Bombthrowing in the Fine American Tradition of Political Cartooning

by Bill Sanders

Pub Date: June 1st, 2018
ISBN: 978-1-58838-294-8
Publisher: NewSouth

A political cartoonist shares his work and memories of his career while lamenting the current state of journalism and politics.

The tone of his writing suggests a genial man, but Sanders (b. 1930) spent an illustrious career wielding a sharp pen, angering segregationist-minded readers in the South during the civil rights struggles. In 1963, he began drawing for the Kansas City Star, where an editor told him, “we’ve had more letters to the editor in a month over your cartoons than we’ve had total in the last five years.” He also received anonymous, viciously racist letters that were “dripping with what in most cases was illiterate venom.” During the 1964 Barry Goldwater campaign for president, the local John Birch Society launched a campaign to get 10,000 subscribers to cancel their subscriptions to the otherwise conservative paper because of the cartoons. But Sanders made a fan in Harry Truman, who previously hadn’t seen much he liked in the Star, and the cartoonist also became a favorite of Presidents Kennedy and Johnson. Since his memoir is mainly professional—with some side trips into his obsession with traditional jazz as a fan and musician—it serves as an overview of the political currents that roiled the nation.
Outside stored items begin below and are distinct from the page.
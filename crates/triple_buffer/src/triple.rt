//! The triple buffer, and its calls.
ghost use Rattle.std.specs.Prelude.{◌≡◌, ◌+◌, [], ◌∷◌, ◌<◌, length, true, IfOk, IfErr};
ghost use Rattle.std.specs.Result.{IsOk};
ghost use Rattle.audio_handoff.specs.Cell.{HasSameReads, HasSameRows, IsNoteOfReader, IsNoteOfWriter};
ghost use Rattle.triple_buffer.specs.Tokens.{IsThreeRows, writing_of, reading_of, noting_of};

use crate::plays::{Note, Open, Settle, Show, Tell, ThreeRows};
use crate::tokens::{TripleNote, TripleReader, TripleWriter};
use crate::views::View;
use crate::word::StateWord;
use atomic_table::Table;
use audio_handoff::{Read, StateCell};
use settle::{copy_row, newest};
use std::alloc::{AllocError, Global};

mod settle;
mod steps;

/// A cell of rows of `W` words, from 1 to 15, on one table of atomic words. No call waits, and none but `make` takes
/// memory.
#[derive(Drop)]
pub struct Triple<const W: usize> {
    table: Table<(), View, [u64; W], ThreeRows, Global>,
    ghost wide: { IsThreeRows W table.shared.table_id table.shared.key },
}

/// A triple buffer tells its steps, of which each call promises how many it takes: a publish of W words W + 1 of the writer, and a read
/// W + 1 or W + 2 of the reader.
pub fn triple_tells_its_steps<const W: usize>()
    ensures { ⟦<Triple<W> as StateCell<W>>⟧.tells_steps ≡ true }
{}

impl<const W: usize> StateCell<W> for Triple<W> {
    type Way = ();

    type Writer = TripleWriter<W>;

    type Reader = TripleReader<W>;

    type Note = TripleNote<W>;

    ghost cell = { λ t. t.table.shared.table_id };

    ghost writing = { λ t. writing_of t.seat.table_id t.seat.me.0 };

    ghost reading = { λ t. reading_of t.seat.table_id t.seat.me.0 };

    ghost noting = { λ t. noting_of t.seat.table_id t.seat.me.0 };

    ghost tells_steps = { true };

    fn make(
        alloc: Global,
        _way: &(),
        row: &[u64],
    ) -> Result<(Triple<W>, TripleWriter<W>, TripleReader<W>), AllocError> {
        let mut key = [0u64; W];
        key.copy_from_slice(row);
        let mut words = Vec::new(alloc);
        words.push(1)?;
        words.extend_from_slice(&key)?;
        words.extend_from_slice(&key)?;
        words.extend_from_slice(&key)?;
        let (table, mut seat) = Table::of_words(alloc, words.as_slice(), &key)?;
        let reader = table.shared.split_seat::<Open>(&mut seat);
        Ok((
            Triple { table },
            TripleWriter {
                place: 2,
                made: 1,
                seat,
            },
            TripleReader {
                place: 0,
                number: 0,
                seat: reader,
            },
        ))
    }

    fn publish(&self, _way: &(), writer: &mut TripleWriter<W>, row: &[u64; W]) -> u64 {
        let TripleWriter { place, made, seat } = writer;
        let number = *made;
        self.store(seat, *place, row);
        let shown = StateWord {
            number,
            fresh: true,
            back: *place,
        };
        let found = self.table.shared.swap::<Show>(seat, 0, shown.pack());
        *place = StateWord::unpack(found).back;
        *made = number + 1;
        number
    }

    fn is_spent(&self, writer: &TripleWriter<W>) -> bool {
        writer.made == 1 << 60
    }

    fn read(&self, _way: &(), reader: &mut TripleReader<W>) -> Read<W> {
        let TripleReader {
            place,
            number,
            seat,
        } = reader;
        let (own, newest) = self.catch_up(seat, *place, *number);
        let row = self.gather(seat, own);
        *place = own;
        *number = newest;
        Read {
            number: newest,
            row,
        }
    }

    /// It never takes memory.
    fn note_of_writer(
        &self,
        _alloc: Global,
        _way: &(),
        writer: &mut TripleWriter<W>,
    ) -> Result<TripleNote<W>, AllocError>
        requires { writer.old.seat.table_id ≡ self.now.table.shared.table_id }
        ensures made { IsOk result }
        ensures note { IfOk result (λ note. IsNoteOfWriter self.now.table.shared.table_id (writing_of writer.old.seat.table_id writer.old.seat.me.0) (noting_of note.seat.table_id note.seat.me.0)) }
        ensures writer { HasSameRows (writing_of writer.old.seat.table_id writer.old.seat.me.0) (writing_of writer.new.seat.table_id writer.new.seat.me.0) }
        ensures refused { IfErr result (λ _. writing_of writer.new.seat.table_id writer.new.seat.me.0 ≡ writing_of writer.old.seat.table_id writer.old.seat.me.0) }
    {
        let TripleWriter {
            place: _,
            made: _,
            seat,
        } = writer;
        Ok(TripleNote {
            seat: self.table.shared.split_seat::<Note>(seat),
        })
    }

    /// It never takes memory.
    fn note_of_reader(
        &self,
        _alloc: Global,
        _way: &(),
        reader: &mut TripleReader<W>,
    ) -> Result<TripleNote<W>, AllocError>
        requires { reader.old.seat.table_id ≡ self.now.table.shared.table_id }
        ensures made { IsOk result }
        ensures note { IfOk result (λ note. IsNoteOfReader self.now.table.shared.table_id (reading_of reader.old.seat.table_id reader.old.seat.me.0) (noting_of note.seat.table_id note.seat.me.0)) }
        ensures reader { HasSameReads (reading_of reader.old.seat.table_id reader.old.seat.me.0) (reading_of reader.new.seat.table_id reader.new.seat.me.0) }
        ensures refused { IfErr result (λ _. reading_of reader.new.seat.table_id reader.new.seat.me.0 ≡ reading_of reader.old.seat.table_id reader.old.seat.me.0) }
    {
        let TripleReader {
            place: _,
            number: _,
            seat,
        } = reader;
        Ok(TripleNote {
            seat: self.table.shared.split_seat::<Note>(seat),
        })
    }

    /// It never takes memory.
    fn copy_note(
        &self,
        _alloc: Global,
        _way: &(),
        note: &mut TripleNote<W>,
    ) -> Result<TripleNote<W>, AllocError>
        requires { note.old.seat.table_id ≡ self.now.table.shared.table_id }
        ensures made { IsOk result }
        ensures copy { IfOk result (λ copy. noting_of copy.seat.table_id copy.seat.me.0 ≡ noting_of note.old.seat.table_id note.old.seat.me.0) }
        ensures note { noting_of note.new.seat.table_id note.new.seat.me.0 ≡ noting_of note.old.seat.table_id note.old.seat.me.0 }
    {
        let TripleNote { seat } = note;
        Ok(TripleNote {
            seat: self.table.shared.split_seat::<Note>(seat),
        })
    }

    fn tell(&self, _way: &(), reader: &mut TripleReader<W>, note: TripleNote<W>) {
        let TripleReader {
            place: _,
            number: _,
            seat,
        } = reader;
        let TripleNote { seat: other } = note;
        self.table.shared.join_seat::<Tell>(seat, other);
        self.check(seat);
    }

    fn settle(self, _way: &(), writer: TripleWriter<W>, reader: TripleReader<W>) -> Read<W> {
        let TripleWriter {
            place: _,
            made: _,
            mut seat,
        } = writer;
        let TripleReader {
            place,
            number,
            seat: other,
        } = reader;
        let Triple { table } = self;
        table.shared.join_seat::<Settle>(&mut seat, other);
        let closed = table.close_with(seat);
        let (last, newest) = newest(closed.word(0), place, number);
        let mut row = [0u64; W];
        copy_row(&closed, last, &mut row);
        closed.free();
        Read {
            number: newest,
            row,
        }
    }

    fn last_read(&self, reader: &TripleReader<W>) -> u64 {
        reader.number
    }
}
His work has potently captured the tumult of the civil rights era, Vietnam War (where he made firsthand observations on a couple of tours), Watergate, and, most recently, what he considers the unfathomable election of Donald Trump. Yet his memory of the Reagan years is that it was almost as unconceivable that a glib actor of so little political accomplishment could be elected. Sanders retired from the Milwaukee Journal a quarter century ago but found himself recommitted to his calling as an internet blogger, one who has no dearth of material. Yet he acknowledges that “what is good for cartoonists is not necessarily good for the country.”

A solid encapsulation of a significant, occasionally controversial career.